Task to complete: From the entries below, copy every line that has the word "stop".

Exercise data:
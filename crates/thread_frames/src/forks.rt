//! Forks: the child, and what its parent keeps.

ghost use Rattle.std.specs.Prelude.{◌≡◌, ◌≤◌, ◌<◌, ◌+◌, ◌↔◌, ℕ, length, false, IsErr, IfOk, IfErr, OnOk, OnErr};
ghost use Rattle.language_limits.specs.declared.TheConstants.{GREATEST_COUNT};
ghost use Rattle.block_arena.specs.Region.{with_taken};
ghost use Rattle.depth_first_list.specs.Actions.{record_words};
ghost use Rattle.node_table.specs.Reading.{FitsSlots};
ghost use Rattle.node_table.specs.Table.{Table};
ghost use Rattle.thread_state.specs.States.{own_row};
ghost use Rattle.thread_run.specs.Functions.{forked_in as function_of_branch};
ghost use Rattle.thread_frames.specs.Memory.{RoomFits};
ghost use Rattle.thread_frames.specs.Forking.{ForksState};

use crate::child_room::ChildRoom;
use crate::error::ArenaFull;
use crate::open_child::OpenChild;
use crate::place::Place;
use crate::prepared::Prepared;
use crate::thread::Thread;
use block_arena::{Pool, RecordBlock};
use containers::Boxed;
use dag_order::ThreadId;
use language_limits::RECORD_WORDS;
use std::mem;
use thread_output::Told;
use thread_run::Forking;
use thread_stack::{Branch, Frame};
use thread_state::{ForkRoom, ThreadState};

impl Thread {
    ghost use Rattle.thread_frames.specs.Views.{next_of, done_of};
    ghost use Rattle.thread_frames.specs.Points.{IsAtPoint, IsPlaced};
    ghost use Rattle.thread_frames.specs.Actions.{IsFork, HasForked};

    /// Does the Fork that is prepared: the child, in this place, has this id, and its record block, of 16 words, is of the pool.
    ///
    /// # Errors
    ///
    /// [`ArenaFull`], exactly where 16 words do not fit beside those that are out. The thread and the pool are as they were.
    pub fn do_fork(
        &mut self,
        id: ThreadId,
        pool: &mut Pool,
        place: Place,
    ) -> Result<Boxed<Thread>, ArenaFull>
        requires placed { IsPlaced self.old }
        requires next { IsFork (next_of self.old) }
        requires count { done_of self.old < GREATEST_COUNT }
        ensures full { IsErr result ↔ (pool.old.capacity < pool.old.live + record_words) }
        ensures told { IfErr result (λ refusal. refusal ≡ record { live = pool.old.live; asked = record_words }) }
        ensures refused { OnErr result (self.new ≡ self.old) }
        ensures refused_pool { OnErr result (pool.new ≡ pool.old) }
        ensures forked { IfOk result (HasForked id self.old self.new) }
        ensures pool { OnOk result (pool.new ≡ with_taken pool.old record_words) }
        ensures point { (t : Table) (k : ℕ) → IsAtPoint t k self.old → IsAtPoint t k self.new }
        ensures child { (t : Table) (k : ℕ) → IsAtPoint t k self.old → IfOk result (IsAtPoint t k) }
    {
        let block = take_record(pool)?;
        let Prepared::Fork { forking, room } = mem::replace(&mut self.prepared, Prepared::Nothing)
        else {
            unreachable!();
        };
        let ChildRoom { room, named } = room;
        let func = forked_in(forking.branch, self.run.func);
        let state = fork_state(&mut self.run.state, forking.branch, room, &named);
        let alloc = *named.allocator();
        let before = mem::replace(&mut self.run.told, Told::new(alloc));
        self.run.frames.push_reserved(Frame::Joins(forking.branch));
        self.run.frames.push_reserved(forking.own);
        self.children.push_reserved(OpenChild {
            id,
            ordinal: self.run.state.forks(),
            func,
            before,
            ended: None,
        });
        Ok(place.begin(id, self.id, func, state, forking.work, block))
    }
}

/// A record block of the pool.
///
/// # Errors
///
/// [`ArenaFull`], exactly where its words do not fit beside those that are out. The pool is as it was.
fn take_record(pool: &mut Pool) -> Result<RecordBlock, ArenaFull>
    ensures full { IsErr result ↔ (pool.old.capacity < pool.old.live + record_words) }
    ensures told { IfErr result (λ refusal. refusal ≡ record { live = pool.old.live; asked = record_words }) }
    ensures refused { OnErr result (pool.new ≡ pool.old) }
    ensures pool { OnOk result (pool.new ≡ with_taken pool.old record_words) }
{
    match pool.take_record() {
        Some(block) => Ok(block),
        None => Err(ArenaFull {
            live: pool.live(),
            asked: u64::from(RECORD_WORDS),
        }),
    }
}

/// The function of a child that is forked in a function: the same one, or none where it runs a tree of dummies.
fn forked_in(branch: Branch, func: Option<u32>) -> Option<u32>
    ensures { result ≡ function_of_branch branch func }
{
    match branch {
        Branch::Par(_) => func,
        Branch::Dummies => None,
    }
}

/// The Fork of the state of a thread: a child that runs a branch has the blocks of the slots `named`.
fn fork_state(state: &mut ThreadState, branch: Branch, room: ForkRoom, named: &[u16]) -> ThreadState
    requires going { state.old.faulted ≡ false }
    requires count { state.old.done < GREATEST_COUNT }
    requires room { RoomFits state.old branch room }
    requires within { FitsSlots (length (own_row state.old)) named.now }
    ensures { ForksState branch named.now state.old state.new result }
{
    match branch {
        Branch::Par(_) => state.fork(room, named),
        Branch::Dummies => state.fork_dummies(room),
    }
}
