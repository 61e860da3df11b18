use dag_order::ThreadId;
use thread_output::Told;
use thread_state::ThreadState;

/// What is left of a thread behind its End, for the Join of its parent; of the root it is what is left of the whole run.
#[derive(Drop)]
pub struct Ended {
    pub(crate) id: ThreadId,
    pub(crate) parent: Option<ThreadId>,
    pub(crate) func: Option<u32>,
    pub(crate) state: ThreadState,
    pub(crate) told: Told,
}
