ghost use Rattle.thread_frames.specs.Laws.{ActionsAreActed, DeliveriesHandOver, ForksAreForked, JoinsAreJoined, NextActionsStand};

/// The action of the list that a thread does next is the next one of the part that it is.
pub fn next_actions_stand()
    ensures { NextActionsStand }
{}

/// A thread that acted alone has done one action more, with the same children.
pub fn actions_are_acted()
    ensures { ActionsAreActed }
{}

/// A thread that forked has one child more, the newest.
pub fn forks_are_forked()
    ensures { ForksAreForked }
{}

/// A thread that joined has its newest child no more.
pub fn joins_are_joined()
    ensures { JoinsAreJoined }
{}

/// A result that a thread waits for is handed over to one of its children.
pub fn deliveries_hand_over()
    ensures { DeliveriesHandOver }
{}
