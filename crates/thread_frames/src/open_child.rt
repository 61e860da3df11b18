use crate::ended::Ended;
use dag_order::ThreadId;
use thread_output::Told;

/// A child that is forked and not yet joined: its ordinal among the forks of its parent, the function in which it began, what its parent
/// told since the fork before, and its result, once it is delivered.
#[derive(Drop)]
pub(crate) struct OpenChild {
    pub(crate) id: ThreadId,
    pub(crate) ordinal: u32,
    pub(crate) func: Option<u32>,
    pub(crate) before: Told,
    pub(crate) ended: Option<Ended>,
}
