use crate::child_room::ChildRoom;
use block_arena::Shell;
use dag_order::FaultAt;
use thread_run::Forking;
use thread_stack::Branch;

/// The next action of a thread that has come to it, with all the memory that it takes.
#[derive(Drop)]
pub(crate) enum Prepared {
    /// The thread has not come to its next action.
    Nothing,
    /// A Fork.
    Fork {
        forking: Forking,
        room: ChildRoom,
    },
    /// The Join of the newest open child, with the slots whose integers come back.
    Join {
        branch: Branch,
        assigned: Vec<u16>,
    },
    /// An allocation of `len` numbers under a slot.
    Alloc {
        slot: u16,
        len: u32,
        words: u32,
        shell: Shell,
    },
    /// The block of a slot goes back.
    Release {
        slot: u16,
        words: u32,
    },
    /// A Dummy.
    Dummy,
    /// A fault.
    Fault(FaultAt),
    /// The End.
    End,
}
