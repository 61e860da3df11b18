//! Where a child comes to be.

ghost use Rattle.std.specs.Prelude.{◌≡◌, ◌≤◌, ◌<◌, [], ◌∷◌, ◌++◌, Some, OnOk, vec_len, vec_capacity};
ghost use Rattle.thread_output.specs.Telling.{Tells};
ghost use Rattle.thread_frames.specs.declared.prepared.Prepared.TheVariants as kinds;

use crate::prepared::Prepared;
use crate::thread::Thread;
use block_arena::RecordBlock;
use containers::Boxed;
use dag_order::ThreadId;
use std::alloc::{AllocError, Global};
use thread_output::Told;
use thread_run::ThreadRun;
use thread_stack::Frame;
use thread_state::ThreadState;

/// For how many frames a child has room as it begins: most children need no more, so that their list never grows.
const FRAMES_OF_A_CHILD: usize = 4;

/// A place on the heap for a child, with room for the frames with which it begins.
#[derive(Drop)]
pub struct Place {
    thread: Boxed<Thread>,
    pub ghost nothing: { thread.prepared ≡ kinds.Nothing },
    pub ghost no_children: { thread.children.items ≡ [] },
    pub ghost no_frames: { thread.run.frames.items ≡ [] },
    pub ghost room: { 1 ≤ vec_capacity thread.run.frames },
}

impl Place {
    /// A new place.
    ///
    /// # Errors
    ///
    /// There is not enough memory.
    pub fn new(alloc: Global) -> Result<Place, AllocError> {
        let blank = Boxed::new(alloc, Thread::blank(alloc))?;
        Place::of(blank)
    }

    /// The place of a thread that is done with, whatever it holds. It takes no memory where the list of frames of this thread is long
    /// enough.
    ///
    /// # Errors
    ///
    /// There is not enough memory.
    pub fn of(thread: Boxed<Thread>) -> Result<Place, AllocError> {
        let mut thread = thread;
        thread.get_mut().clear()?;
        Ok(Place { thread })
    }

    /// The child that comes to be here, before its first statement.
    pub(crate) fn begin(
        self,
        id: ThreadId,
        parent: ThreadId,
        func: Option<u32>,
        state: ThreadState,
        work: Frame,
        block: RecordBlock,
    ) -> Boxed<Thread>
        ensures id { result.id ≡ id }
        ensures parent { result.parent ≡ Some parent }
        ensures func { result.func ≡ func }
        ensures run_func { result.run.func ≡ func }
        ensures state { result.run.state ≡ state }
        ensures frames { result.run.frames.items ≡ work ∷ [] }
        ensures told { Tells result.run.told [] }
        ensures children { result.children.items ≡ [] }
        ensures block { result.record_block ≡ Some block }
        ensures prepared { result.prepared ≡ kinds.Nothing }
    {
        let mut child = self.thread;
        child.get_mut().begin(id, parent, func, state, work, block);
        child
    }
}

impl Thread {
    /// A thread that runs nothing. It takes no memory.
    fn blank(alloc: Global) -> Thread {
        let run = ThreadRun {
            func: None,
            state: ThreadState::blank(alloc),
            frames: Vec::new(alloc),
            told: Told::new(alloc),
        };
        Thread {
            id: ThreadId::ROOT,
            parent: None,
            func: None,
            run,
            children: Vec::new(alloc),
            record_block: None,
            prepared: Prepared::Nothing,
        }
    }

    /// Lets go what a child does not begin with, and makes room for its frames.
    ///
    /// # Errors
    ///
    /// There is not enough memory.
    fn clear(&mut self) -> Result<(), AllocError>
        ensures nothing { OnOk result (self.new.prepared ≡ kinds.Nothing) }
        ensures no_children { OnOk result (self.new.children.items ≡ []) }
        ensures no_frames { OnOk result (self.new.run.frames.items ≡ []) }
        ensures room { OnOk result (1 ≤ vec_capacity self.new.run.frames) }
    {
        self.prepared = Prepared::Nothing;
        self.children.clear();
        self.run.frames.clear();
        self.run.frames.reserve(FRAMES_OF_A_CHILD)
    }

    /// Begins as a child, with its first frame before those that are there.
    fn begin(
        &mut self,
        id: ThreadId,
        parent: ThreadId,
        func: Option<u32>,
        state: ThreadState,
        work: Frame,
        block: RecordBlock,
    )
        requires nothing { self.old.prepared ≡ kinds.Nothing }
        requires room { vec_len self.old.run.frames < vec_capacity self.old.run.frames }
        ensures id { self.new.id ≡ id }
        ensures parent { self.new.parent ≡ Some parent }
        ensures func { self.new.func ≡ func }
        ensures run_func { self.new.run.func ≡ func }
        ensures state { self.new.run.state ≡ state }
        ensures frames { self.new.run.frames.items ≡ self.old.run.frames.items ++ work ∷ [] }
        ensures told { Tells self.new.run.told [] }
        ensures children { self.new.children.items ≡ self.old.children.items }
        ensures block { self.new.record_block ≡ Some block }
        ensures prepared { self.new.prepared ≡ kinds.Nothing }
    {
        let alloc = *self.run.frames.allocator();
        self.id = id;
        self.parent = Some(parent);
        self.func = func;
        self.record_block = Some(block);
        self.run.func = func;
        self.run.state = state;
        self.run.told = Told::new(alloc);
        self.run.frames.push_reserved(work);
    }
}
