ghost use Rattle.std.specs.Prelude.{◌≤◌, ◌-◌, vec_len, vec_capacity};
ghost use Rattle.thread_frames.specs.Memory.{frames_put, children_put};

use crate::open_child::OpenChild;
use crate::prepared::Prepared;
use block_arena::RecordBlock;
use dag_order::ThreadId;
use thread_run::ThreadRun;

/// A thread of a program: what it still has to do, its slots and its output, its open children, and its record block, which the root alone
/// does not have.
#[derive(Drop)]
pub struct Thread {
    pub(crate) id: ThreadId,
    pub(crate) parent: Option<ThreadId>,
    /// The function in which it began; None in a thread that runs a tree of dummies.
    pub(crate) func: Option<u32>,
    pub(crate) run: ThreadRun,
    /// The newest one last.
    pub(crate) children: Vec<OpenChild>,
    pub(crate) record_block: Option<RecordBlock>,
    pub(crate) prepared: Prepared,
    pub ghost frames_fit: { frames_put prepared ≤ vec_capacity run.frames - vec_len run.frames },
    pub ghost children_fit: { children_put prepared ≤ vec_capacity children - vec_len children },
}
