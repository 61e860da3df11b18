//! What a thread is, how the root begins, and the way to the next action.

ghost use Rattle.std.specs.Prelude.{vec_len, vec_capacity, ◌-◌, ◌≡◌, ◌≤◌, ◌<◌, [], ℕ, Some, None, IfOk, OnOk, OnErr, Result, Ok, false, is_some};
ghost use Rattle.dag_order.specs.Births.{root as root_id};
ghost use Rattle.thread_state.specs.Passed.States.{Setting};
ghost use Rattle.depth_first_list.specs.QuotaWords.{quota_words};
ghost use Rattle.std.specs.Prelude.{slice_get};
ghost use Rattle.language_limits.specs.declared.TheConstants.{GREATEST_COUNT};
ghost use Rattle.node_table.specs.Table.{Function};
ghost use Rattle.node_table.specs.Codes.{code_shown};
ghost use Rattle.thread_state.specs.Settings.{IsSettingOf};
ghost use Rattle.block_arena.specs.Size.{words_taken};
ghost use Rattle.thread_frames.specs.Views.{newest, id_of};
ghost use Rattle.thread_frames.specs.Memory.{RoomFits, frames_put, children_put};
ghost use Rattle.thread_frames.specs.Slots.{taken_slots as slots_taken, assigned_slots as slots_assigned};
ghost use Rattle.thread_frames.specs.Preparing.{Prepares, BeginsMain, AreMainFrames};

use crate::child_room::ChildRoom;
use crate::next::Next;
use crate::open_child::OpenChild;
use crate::prepared::Prepared;
use crate::thread::Thread;
use block_arena::pieces_for;
use dag_order::{Label, Placed, ThreadId};
use depth_first_list::Quota;
use language_limits::PIECE_WORDS;
use node_table::NodeKind;
use std::alloc::{AllocError, Global};
use thread_output::Told;
use thread_run::{Code, Ready, ThreadRun};
use thread_stack::{Branch, Frame, ListOf};
use thread_state::ThreadState;

impl Placed for Thread {
    ghost use Rattle.thread_frames.specs.Views.{label_of as its_label};

    ghost label_of = { λ thread. its_label thread };

    fn label(&self) -> &Label {
        self.run.state.label()
    }
}

impl Thread {
    ghost use Rattle.thread_frames.specs.Views.{children_of, next_of, label_of, done_of, forks_of, thread_words};
    ghost use Rattle.thread_frames.specs.Points.{IsAtPoint};
    ghost use Rattle.thread_frames.specs.Actions.{IsStill, IsOfTheList, JoinsNewest};

    /// The id of the thread.
    pub fn id(&self) -> ThreadId
        ensures { result ≡ self.now.id }
    {
        self.id
    }

    /// The thread that forked it; None exactly for the root.
    pub fn parent(&self) -> Option<ThreadId>
        ensures { result ≡ self.now.parent }
    {
        self.parent
    }

    /// How many actions it has done.
    pub fn done(&self) -> u32
        ensures { result ≡ done_of self.now }
    {
        self.run.state.done()
    }

    /// How many forks it has done.
    pub fn forks(&self) -> u32
        ensures value { result ≡ forks_of self.now }
        ensures counted { forks_of self.now ≤ done_of self.now }
    {
        self.run.state.forks()
    }

    /// The root of a program before its first statement.
    ///
    /// # Errors
    ///
    /// There is not enough memory.
    pub fn root(alloc: Global, code: &Code) -> Result<Thread, AllocError>
        ensures point { (k : ℕ) → IfOk result (IsAtPoint (code_shown code.now) k) }
        ensures id { IfOk result (λ thread. thread.id ≡ root_id) }
        ensures parent { IfOk result (λ thread. thread.parent ≡ None) }
        ensures label { IfOk result (λ thread. label_of thread ≡ []) }
        ensures done { IfOk result (λ thread. done_of thread ≡ 0) }
        ensures children { IfOk result (λ thread. children_of thread ≡ []) }
        ensures words { IfOk result (λ thread. thread_words thread ≡ 0) }
        ensures next { IfOk result (λ thread. next_of thread ≡ None) }
    {
        // For the prover alone: the table is that of an accepted program.
        code.is_accepted();
        let begun = run_of_main(alloc, code)?;
        Ok(Thread {
            id: ThreadId::ROOT,
            parent: None,
            func: begun.func,
            run: begun,
            children: Vec::new(alloc),
            record_block: None,
            prepared: Prepared::Nothing,
        })
    }

    /// Runs up to the next action, takes the memory that it needs, and tells it. It is not done. Called again before the action is done, it
    /// tells the same and changes nothing.
    ///
    /// # Errors
    ///
    /// There is not enough memory. The actions, the children and the words of the thread are as they were; its plain state may be in the
    /// middle, and it is of no further use but to give its blocks back.
    pub fn advance(&mut self, alloc: Global, code: &Code, k: Quota) -> Result<Next, AllocError>
        requires point { IsAtPoint (code_shown code.now) (quota_words k) self.old }
        requires count { done_of self.old < GREATEST_COUNT }
        ensures point { OnOk result (IsAtPoint (code_shown code.now) (quota_words k) self.new) }
        ensures next { IfOk result (λ next. next_of self.new ≡ Some next) }
        ensures newest { IfOk result (λ next. JoinsNewest next (children_of self.new)) }
        ensures still { IsStill self.old self.new }
        ensures list { (c : Setting) → IsSettingOf (code_shown code.now) (quota_words k) c
            → IfOk result (λ next. ∥ IsOfTheList c self.new next ∥₁) }
        ensures again { (next : Next) → next_of self.old ≡ Some next → (result ≡ Ok next) × (self.new ≡ self.old) }
    {
        if let Some(next) = self.told() {
            return Ok(next);
        }
        self.go_on(alloc, code, k, 0)?;
        match self.told() {
            Some(next) => Ok(next),
            None => unreachable!(),
        }
    }

    /// Goes on towards the next action for some `most` turns of loops and calls, and says whether it has come there: then the action is prepared, and
    /// [`Thread::advance`] tells it. No action is done.
    ///
    /// # Errors
    ///
    /// There is not enough memory. The actions, the children and the words of the thread are as they were; its plain state may be in the
    /// middle, and it is of no further use but to give its blocks back.
    pub fn step_on(
        &mut self,
        alloc: Global,
        code: &Code,
        k: Quota,
        most: u32,
    ) -> Result<bool, AllocError>
        requires point { IsAtPoint (code_shown code.now) (quota_words k) self.old }
        requires count { done_of self.old < GREATEST_COUNT }
        ensures point { OnOk result (IsAtPoint (code_shown code.now) (quota_words k) self.new) }
        ensures came { IfOk result (λ came. came ≡ is_some (next_of self.new)) }
        ensures still { IsStill self.old self.new }
    {
        if self.told().is_some() {
            return Ok(true);
        }
        let stop = self.run.state.turns().saturating_sub(most);
        self.go_on(alloc, code, k, stop)
    }

    /// The action that is prepared.
    fn told(&self) -> Option<Next>
        ensures { result ≡ next_of self.now }
    {
        match &self.prepared {
            Prepared::Nothing => None,
            Prepared::Fork { .. } => Some(Next::Fork),
            Prepared::Join { .. } => Some(Next::Join {
                child: newest_id(&self.children),
            }),
            Prepared::Alloc { words, .. } => Some(Next::Alloc { words: *words }),
            Prepared::Release { words, .. } => Some(Next::Release { words: *words }),
            Prepared::Dummy => Some(Next::Dummy),
            Prepared::Fault(fault) => Some(Next::Fault(*fault)),
            Prepared::End => Some(Next::End),
        }
    }

    /// Goes on, where no action is prepared, until one is, or until fewer than `stop` turns of loops and calls are left, and says which: true for an action.
    fn go_on(&mut self, alloc: Global, code: &Code, k: Quota, stop: u32) -> Result<bool, AllocError>
        requires point { IsAtPoint (code_shown code.now) (quota_words k) self.old }
        requires count { done_of self.old < GREATEST_COUNT }
        requires nothing { next_of self.old ≡ None }
        ensures point { OnOk result (IsAtPoint (code_shown code.now) (quota_words k) self.new) }
        ensures came { IfOk result (λ came. came ≡ is_some (next_of self.new)) }
        ensures stopped { result ≡ Ok false → self.new.run.state.turns < stop }
        ensures still { IsStill self.old self.new }
    {
        // For the prover alone: the table is that of an accepted program.
        code.is_accepted();
        let Some(ready) = self.run.advance(alloc, code, k, stop)? else {
            return Ok(false);
        };
        let prepared = prepared_for(&self.run.state, alloc, code, ready)?;
        reserve(&mut self.run.frames, &mut self.children, &prepared)?;
        self.prepared = prepared;
        Ok(true)
    }
}

/// The id of the newest open child.
fn newest_id(children: &Vec<OpenChild>) -> ThreadId
    ensures { result ≡ id_of (newest children.now.items) }
{
    match children.last() {
        Some(child) => child.id,
        None => ThreadId::ROOT,
    }
}

/// What `main` runs, before its first statement.
///
/// # Errors
///
/// There is not enough memory.
fn run_of_main(alloc: Global, code: &Code) -> Result<ThreadRun, AllocError>
    ensures { IfOk result (BeginsMain (code_shown code.now)) }
{
    // For the prover alone: the table is that of an accepted program.
    code.is_accepted();
    let main = code.main();
    let count = slots_of(code, main);
    let frames = main_frames(alloc, code, main)?;
    let state = ThreadState::root(alloc, count)?;
    Ok(ThreadRun {
        func: Some(main),
        state,
        frames,
        told: Told::new(alloc),
    })
}

/// How many slots the function of a number has; 0 where there is none.
fn slots_of(code: &Code, number: u32) -> u16
    ensures { (f : Function) → slice_get (code_shown code.now).funcs number ≡ Some f → result ≡ f.slots }
{
    match code.func(number) {
        Some(func) => func.slots,
        None => 0,
    }
}

/// The frames of `main`: its statements, and its end.
///
/// # Errors
///
/// There is not enough memory.
fn main_frames(alloc: Global, code: &Code, main: u32) -> Result<Vec<Frame>, AllocError>
    ensures { IfOk result (λ frames. AreMainFrames (code_shown code.now) main frames.items) }
{
    let mut frames = Vec::with_capacity(alloc, 2)?;
    frames.push_reserved(Frame::AnswersMain);
    match code.frame_from(ListOf::Body(main), 0) {
        None => Ok(frames),
        Some(frame) => {
            frames.push_reserved(frame);
            Ok(frames)
        }
    }
}

/// An action with all the memory that it takes, but for the room in the thread itself.
///
/// # Errors
///
/// There is not enough memory.
fn prepared_for(
    state: &ThreadState,
    alloc: Global,
    code: &Code,
    ready: Ready,
) -> Result<Prepared, AllocError>
    requires { state.now.done < GREATEST_COUNT }
    ensures { IfOk result (Prepares (code_shown code.now) state.now ready) }
{
    match ready {
        Ready::Fork(forking) => {
            let room = child_room(state, alloc, code, forking.branch)?;
            Ok(Prepared::Fork { forking, room })
        }
        Ready::Join(branch) => {
            let assigned = assigned_slots(alloc, code, branch)?;
            Ok(Prepared::Join { branch, assigned })
        }
        Ready::Alloc { slot, len, shell } => {
            let words = words_for(len)?;
            Ok(Prepared::Alloc {
                slot,
                len,
                words,
                shell,
            })
        }
        Ready::Release { slot, words } => {
            let words = words_given(words)?;
            Ok(Prepared::Release { slot, words })
        }
        Ready::Dummy => Ok(Prepared::Dummy),
        Ready::Fault(fault) => Ok(Prepared::Fault(fault)),
        Ready::End => Ok(Prepared::End),
    }
}

/// The memory of a child that will do a branch.
///
/// # Errors
///
/// There is not enough memory.
fn child_room(
    state: &ThreadState,
    alloc: Global,
    code: &Code,
    branch: Branch,
) -> Result<ChildRoom, AllocError>
    requires { state.now.done < GREATEST_COUNT }
    ensures room { IfOk result (λ child. RoomFits state.now branch child.room) }
    ensures slots { IfOk result (λ child. child.named.items ≡ slots_taken (code_shown code.now) branch) }
{
    let room = match branch {
        Branch::Par(_) => state.prepare_fork(alloc)?,
        Branch::Dummies => state.prepare_dummies(alloc)?,
    };
    Ok(ChildRoom {
        room,
        named: named_slots(alloc, code, branch)?,
    })
}

/// The slots whose blocks a branch takes with it.
///
/// # Errors
///
/// There is not enough memory.
fn named_slots(alloc: Global, code: &Code, branch: Branch) -> Result<Vec<u16>, AllocError>
    ensures { IfOk result (λ slots. slots.items ≡ slots_taken (code_shown code.now) branch) }
{
    let Branch::Par(number) = branch else {
        return Ok(Vec::new(alloc));
    };
    let Some(node) = code.node(number) else {
        return Ok(Vec::new(alloc));
    };
    match &node.kind {
        NodeKind::Both { left_blocks, .. } => left_blocks.to_vec(alloc),
        _ => Ok(Vec::new(alloc)),
    }
}

/// The slots to whose integers a branch assigns.
///
/// # Errors
///
/// There is not enough memory.
fn assigned_slots(alloc: Global, code: &Code, branch: Branch) -> Result<Vec<u16>, AllocError>
    ensures { IfOk result (λ slots. slots.items ≡ slots_assigned (code_shown code.now) branch) }
{
    let Branch::Par(number) = branch else {
        return Ok(Vec::new(alloc));
    };
    let Some(node) = code.node(number) else {
        return Ok(Vec::new(alloc));
    };
    match &node.kind {
        NodeKind::Both { left_assigned, .. } => left_assigned.to_vec(alloc),
        _ => Ok(Vec::new(alloc)),
    }
}

/// The words of a block of `len` numbers.
///
/// # Errors
///
/// They are more than 32 bits hold, and so more than any arena has.
fn words_for(len: u32) -> Result<u32, AllocError>
    ensures value { IfOk result (λ words. words ≡ words_taken len) }
    ensures many { OnErr result (4294967296 ≤ words_taken len) }
{
    match pieces_for(len).checked_mul(PIECE_WORDS) {
        Some(words) => Ok(words),
        None => Err(AllocError),
    }
}

/// The words of a block that goes back.
///
/// # Errors
///
/// They are more than 32 bits hold, and so more than any arena has.
fn words_given(words: u64) -> Result<u32, AllocError>
    ensures value { IfOk result (λ given. given ≡ words) }
    ensures many { OnErr result (4294967296 ≤ words) }
{
    match u32::try_from(words) {
        Ok(words) => Ok(words),
        Err(_) => Err(AllocError),
    }
}

/// Room for what an action puts: a Fork two frames and an open child, and the others nothing.
///
/// # Errors
///
/// There is not enough memory.
fn reserve(
    frames: &mut Vec<Frame>,
    children: &mut Vec<OpenChild>,
    prepared: &Prepared,
) -> Result<(), AllocError>
    ensures frames { frames.new.items ≡ frames.old.items }
    ensures children { children.new.items ≡ children.old.items }
    ensures room { OnOk result (frames_put prepared.now ≤ vec_capacity frames.new - vec_len frames.new) }
    ensures room_children { OnOk result (children_put prepared.now ≤ vec_capacity children.new - vec_len children.new) }
{
    if let Prepared::Fork { .. } = prepared {
        frames.reserve(2)?;
        children.reserve(1)?;
    }
    Ok(())
}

Answer space:
        let stop = self.run.state.turns().saturating_sub(most);
        self.go_on(alloc, code, k, stop)
    /// Goes on, where no action is prepared, until one is, or until fewer than `stop` turns of loops and calls are left, and says which: true for an action.
    fn go_on(&mut self, alloc: Global, code: &Code, k: Quota, stop: u32) -> Result<bool, AllocError>
        ensures stopped { result ≡ Ok false → self.new.run.state.turns < stop }
        let Some(ready) = self.run.advance(alloc, code, k, stop)? else {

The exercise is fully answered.